• _Task objective_
Write out each record below, word for word.

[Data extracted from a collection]
▬▬▬▬▬▬

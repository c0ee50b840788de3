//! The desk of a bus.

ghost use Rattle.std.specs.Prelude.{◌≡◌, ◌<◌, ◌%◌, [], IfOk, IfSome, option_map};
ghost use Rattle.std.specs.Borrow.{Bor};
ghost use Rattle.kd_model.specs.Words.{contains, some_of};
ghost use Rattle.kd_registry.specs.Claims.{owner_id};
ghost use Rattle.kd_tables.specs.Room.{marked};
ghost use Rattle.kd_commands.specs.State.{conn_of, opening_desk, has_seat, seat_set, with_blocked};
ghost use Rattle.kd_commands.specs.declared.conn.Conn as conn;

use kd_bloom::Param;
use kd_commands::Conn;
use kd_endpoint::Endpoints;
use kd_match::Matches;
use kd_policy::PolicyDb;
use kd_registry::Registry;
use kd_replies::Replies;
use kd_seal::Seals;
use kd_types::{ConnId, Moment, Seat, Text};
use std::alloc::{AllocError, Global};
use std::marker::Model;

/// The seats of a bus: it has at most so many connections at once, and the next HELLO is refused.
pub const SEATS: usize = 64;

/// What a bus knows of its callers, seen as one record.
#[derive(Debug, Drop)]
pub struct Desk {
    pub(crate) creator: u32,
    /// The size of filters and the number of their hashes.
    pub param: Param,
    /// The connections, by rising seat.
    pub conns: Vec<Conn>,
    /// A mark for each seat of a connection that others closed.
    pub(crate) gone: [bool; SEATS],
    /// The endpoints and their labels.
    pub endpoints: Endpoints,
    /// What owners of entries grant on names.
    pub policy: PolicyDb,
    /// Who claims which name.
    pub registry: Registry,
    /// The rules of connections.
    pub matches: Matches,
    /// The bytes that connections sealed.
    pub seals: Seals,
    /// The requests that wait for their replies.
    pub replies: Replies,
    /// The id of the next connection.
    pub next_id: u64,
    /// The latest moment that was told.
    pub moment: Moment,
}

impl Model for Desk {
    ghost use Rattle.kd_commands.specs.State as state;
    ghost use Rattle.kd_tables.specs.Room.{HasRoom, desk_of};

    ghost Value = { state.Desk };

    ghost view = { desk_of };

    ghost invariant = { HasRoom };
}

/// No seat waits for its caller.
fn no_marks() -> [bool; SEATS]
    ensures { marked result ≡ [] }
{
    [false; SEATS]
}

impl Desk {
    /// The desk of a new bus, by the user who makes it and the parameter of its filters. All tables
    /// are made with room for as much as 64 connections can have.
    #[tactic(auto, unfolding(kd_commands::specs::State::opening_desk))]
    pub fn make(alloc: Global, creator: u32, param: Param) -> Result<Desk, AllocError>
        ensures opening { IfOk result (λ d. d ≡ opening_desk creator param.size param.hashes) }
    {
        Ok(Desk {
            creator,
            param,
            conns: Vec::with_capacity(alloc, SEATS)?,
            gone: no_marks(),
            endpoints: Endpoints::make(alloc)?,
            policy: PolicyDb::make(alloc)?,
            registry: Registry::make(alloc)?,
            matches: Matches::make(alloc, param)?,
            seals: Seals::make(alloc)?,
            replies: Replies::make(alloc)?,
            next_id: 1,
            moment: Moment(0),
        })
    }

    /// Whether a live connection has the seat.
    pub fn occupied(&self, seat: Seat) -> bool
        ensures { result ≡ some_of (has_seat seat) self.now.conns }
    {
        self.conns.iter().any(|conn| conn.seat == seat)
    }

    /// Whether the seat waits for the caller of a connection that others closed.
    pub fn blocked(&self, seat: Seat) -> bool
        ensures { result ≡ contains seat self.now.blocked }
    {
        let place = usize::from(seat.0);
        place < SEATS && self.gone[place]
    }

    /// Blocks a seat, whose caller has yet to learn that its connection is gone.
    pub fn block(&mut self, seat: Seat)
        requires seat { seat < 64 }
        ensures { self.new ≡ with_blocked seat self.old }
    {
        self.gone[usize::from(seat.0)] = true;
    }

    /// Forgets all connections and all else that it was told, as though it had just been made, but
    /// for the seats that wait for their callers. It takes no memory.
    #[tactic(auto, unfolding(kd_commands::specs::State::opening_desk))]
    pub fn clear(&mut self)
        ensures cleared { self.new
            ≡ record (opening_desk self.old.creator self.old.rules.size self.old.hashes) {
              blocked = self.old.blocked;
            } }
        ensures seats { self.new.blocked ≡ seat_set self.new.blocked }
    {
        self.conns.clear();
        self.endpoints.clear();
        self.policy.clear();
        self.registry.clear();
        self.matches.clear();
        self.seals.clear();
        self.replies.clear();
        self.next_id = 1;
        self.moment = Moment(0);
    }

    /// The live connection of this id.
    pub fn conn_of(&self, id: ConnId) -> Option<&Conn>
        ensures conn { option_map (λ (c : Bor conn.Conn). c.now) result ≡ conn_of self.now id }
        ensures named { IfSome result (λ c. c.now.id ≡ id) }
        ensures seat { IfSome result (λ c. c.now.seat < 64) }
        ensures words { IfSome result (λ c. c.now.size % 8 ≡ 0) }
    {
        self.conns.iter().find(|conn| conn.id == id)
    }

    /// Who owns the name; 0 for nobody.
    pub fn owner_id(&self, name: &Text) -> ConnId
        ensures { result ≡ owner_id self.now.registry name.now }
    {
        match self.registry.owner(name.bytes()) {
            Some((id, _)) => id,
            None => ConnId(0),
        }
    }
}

▬▬▬▬▬▬

• _Worked solution_
repository c0ee50b840788de3
//! The desk of a bus.

ghost use Rattle.std.specs.Prelude.{◌≡◌, ◌<◌, ◌%◌, [], IfOk, IfSome, option_map};
ghost use Rattle.std.specs.Borrow.{Bor};
ghost use Rattle.kd_model.specs.Words.{contains, some_of};
ghost use Rattle.kd_registry.specs.Claims.{owner_id};
ghost use Rattle.kd_tables.specs.Room.{marked};
ghost use Rattle.kd_commands.specs.State.{conn_of, opening_desk, has_seat, seat_set, with_blocked};
ghost use Rattle.kd_commands.specs.declared.conn.Conn as conn;

use kd_bloom::Param;
use kd_commands::Conn;
use kd_endpoint::Endpoints;
use kd_match::Matches;
use kd_policy::PolicyDb;
use kd_registry::Registry;
use kd_replies::Replies;
use kd_seal::Seals;
use kd_types::{ConnId, Moment, Seat, Text};
use std::alloc::{AllocError, Global};
use std::marker::Model;

/// The seats of a bus: it has at most so many connections at once, and the next HELLO is refused.
pub const SEATS: usize = 64;

/// What a bus knows of its callers, seen as one record.
#[derive(Debug, Drop)]
pub struct Desk {
    pub(crate) creator: u32,
    /// The size of filters and the number of their hashes.
    pub param: Param,
    /// The connections, by rising seat.
    pub conns: Vec<Conn>,
    /// A mark for each seat of a connection that others closed.
    pub(crate) gone: [bool; SEATS],
    /// The endpoints and their labels.
    pub endpoints: Endpoints,
    /// What owners of entries grant on names.
    pub policy: PolicyDb,
    /// Who claims which name.
    pub registry: Registry,
    /// The rules of connections.
    pub matches: Matches,
    /// The bytes that connections sealed.
    pub seals: Seals,
    /// The requests that wait for their replies.
    pub replies: Replies,
    /// The id of the next connection.
    pub next_id: u64,
    /// The latest moment that was told.
    pub moment: Moment,
}

impl Model for Desk {
    ghost use Rattle.kd_commands.specs.State as state;
    ghost use Rattle.kd_tables.specs.Room.{HasRoom, desk_of};

    ghost Value = { state.Desk };

    ghost view = { desk_of };

    ghost invariant = { HasRoom };
}

/// No seat waits for its caller.
fn no_marks() -> [bool; SEATS]
    ensures { marked result ≡ [] }
{
    [false; SEATS]
}

impl Desk {
    /// The desk of a new bus, by the user who makes it and the parameter of its filters. All tables
    /// are made with room for as much as 64 connections can have.
    #[tactic(auto, unfolding(kd_commands::specs::State::opening_desk))]
    pub fn make(alloc: Global, creator: u32, param: Param) -> Result<Desk, AllocError>
        ensures opening { IfOk result (λ d. d ≡ opening_desk creator param.size param.hashes) }
    {
        Ok(Desk {
            creator,
            param,
            conns: Vec::with_capacity(alloc, SEATS)?,
            gone: no_marks(),
            endpoints: Endpoints::make(alloc)?,
            policy: PolicyDb::make(alloc)?,
            registry: Registry::make(alloc)?,
            matches: Matches::make(alloc, param)?,
            seals: Seals::make(alloc)?,
            replies: Replies::make(alloc)?,
            next_id: 1,
            moment: Moment(0),
        })
    }

    /// Whether a live connection has the seat.
    pub fn occupied(&self, seat: Seat) -> bool
        ensures { result ≡ some_of (has_seat seat) self.now.conns }
    {
        self.conns.iter().any(|conn| conn.seat == seat)
    }

    /// Whether the seat waits for the caller of a connection that others closed.
    pub fn blocked(&self, seat: Seat) -> bool
        ensures { result ≡ contains seat self.now.blocked }
    {
        let place = usize::from(seat.0);
        place < SEATS && self.gone[place]
    }

    /// Blocks a seat, whose caller has yet to learn that its connection is gone.
    pub fn block(&mut self, seat: Seat)
        requires seat { seat < 64 }
        ensures { self.new ≡ with_blocked seat self.old }
    {
        self.gone[usize::from(seat.0)] = true;
    }

    /// Forgets all connections and all else that it was told, as though it had just been made, but
    /// for the seats that wait for their callers. It takes no memory.
    #[tactic(auto, unfolding(kd_commands::specs::State::opening_desk))]
    pub fn clear(&mut self)
        ensures cleared { self.new
            ≡ record (opening_desk self.old.creator self.old.rules.size self.old.hashes) {
              blocked = self.old.blocked;
            } }
        ensures seats { self.new.blocked ≡ seat_set self.new.blocked }
    {
        self.conns.clear();
        self.endpoints.clear();
        self.policy.clear();
        self.registry.clear();
        self.matches.clear();
        self.seals.clear();
        self.replies.clear();
        self.next_id = 1;
        self.moment = Moment(0);
    }

    /// The live connection of this id.
    pub fn conn_of(&self, id: ConnId) -> Option<&Conn>
        ensures conn { option_map (λ (c : Bor conn.Conn). c.now) result ≡ conn_of self.now id }
        ensures named { IfSome result (λ c. c.now.id ≡ id) }
        ensures seat { IfSome result (λ c. c.now.seat < 64) }
        ensures words { IfSome result (λ c. c.now.size % 8 ≡ 0) }
    {
        self.conns.iter().find(|conn| conn.id == id)
    }

    /// Who owns the name; 0 for nobody.
    pub fn owner_id(&self, name: &Text) -> ConnId
        ensures { result ≡ owner_id self.now.registry name.now }
    {
        match self.registry.owner(name.bytes()) {
            Some((id, _)) => id,
            None => ConnId(0),
        }
    }
}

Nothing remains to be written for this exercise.